Make sdpa_with_kv_cache serve any live seq-len S from one graph (batched prefill S=K and decode S=1).

Problem: the existing dynamic path only reacted to a live input_pos (decode), with S captured at build time. It rewrote the QK dispatch (which depends on context_len) but left update_cache, softmax, and AV sized for the build-time S. Under a dynamic seq-len S (one graph serving prefill and decode), kv_numel, the QK/AV tile grids, and the softmax row count all depend on S and were stale.

Solution: a single recompute hook driven by either a live S (q tensor resize) or a live input_pos (SymInt), recomputing every per-step quantity from the live shape.

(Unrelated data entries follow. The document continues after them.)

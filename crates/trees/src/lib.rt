// What the state rules say of the shadow tables, as a statement one can reason with, and that every step keeps it.
// Theorems only.
#![tactic(auto)]
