//! The server's end of a connection.

ghost use Rattle.std.specs.Prelude.{◌≡◌, ◌<◌, length};

use crate::agreement::Agreement;
use crate::end_core::EndCore;
use crate::numbers::Numbers;
use crate::running::Running;
use crate::sending::{Opening, agreed_octets, opened_octets, reply_in_place, reply_octets};
use crate::sent_reply::SentReply;
use crate::server_event::{Event, ServerEvent};
use crate::server_fault::{ChannelFault, ReplyFault};
use crate::server_rules::{ServerRules, hello_gate};
use crate::taken::Taken;
use std::alloc::{AllocError, Global};
use ua_builtin::DateTime;
use ua_chunk::Lane;
use ua_frame::{FrameReader, LEAST_BUFFER_SIZE, Limits};

/// The phases of a connection.
#[derive(Debug, Drop)]
pub enum Phase {
    /// It waits for the HEL.
    Waiting,
    /// It agreed on the HEL, and waits for the first OPN.
    Greeted(Agreement),
    /// It has a token.
    Open(Running),
    /// It ended.
    Done,
}

/// The server's end of a connection: it takes the bytes of a client, however they are fragmented,
/// and returns the bytes to send (OPC 10000-6, 6.7 and 7.1).
///
/// A connection begins with the client's HEL and its OPN, which [`take`] answers; then come
/// messages, renewals of the token, and one CLO. After a fault, and after the CLO, the channel
/// holds nothing and takes nothing more.
///
/// [`take`]: ServerChannel::take
#[derive(Debug)]
pub struct ServerChannel {
    end: EndCore<ServerRules, Phase>,
}

// By hand, so that a function that lets a channel go calls this, and proves nothing of what lies in
// it.
impl Drop for ServerChannel {
    fn drop(self) {
        let ServerChannel { end } = self;
        drop(end);
    }
}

Before: hook keyed only on input_pos; recomputes ctx + QK count; S fixed.
After: hook keyed on q (always) and input_pos (when SymInt); reads live S from cur_dims(q) and live pos, recomputes all five dispatches' counts + UBOs (update_cache K/V, QK, softmax, AV), and sets the output cur_dims to q's.

Implementation:

Capture the update_cache/softmax/AV dispatch indices (previously only QK) so their workgroup counts can be rewritten per step.
QK/AV workgroup counts use the landed register-tiled grids (Hq*ceil(S/TM)*ceil(ctx-or-D/TN)); softmax is one workgroup per Hq*S row.
Register the hook on q unconditionally — inert until q is resized, so a static graph is byte-identical.
Mirrors Vulkan DynamicDispatchNode (recompute workgroups per execute); scratch is sized at build (S=max, ctx=Cmax) so buffers never move and bind groups stay valid.

Constraints: fp32-only, batch=1, GQA, is_causal=true, D%4==0 invariants unchanged; the static / decode-only paths are unaffected (the q hook never fires without a resize).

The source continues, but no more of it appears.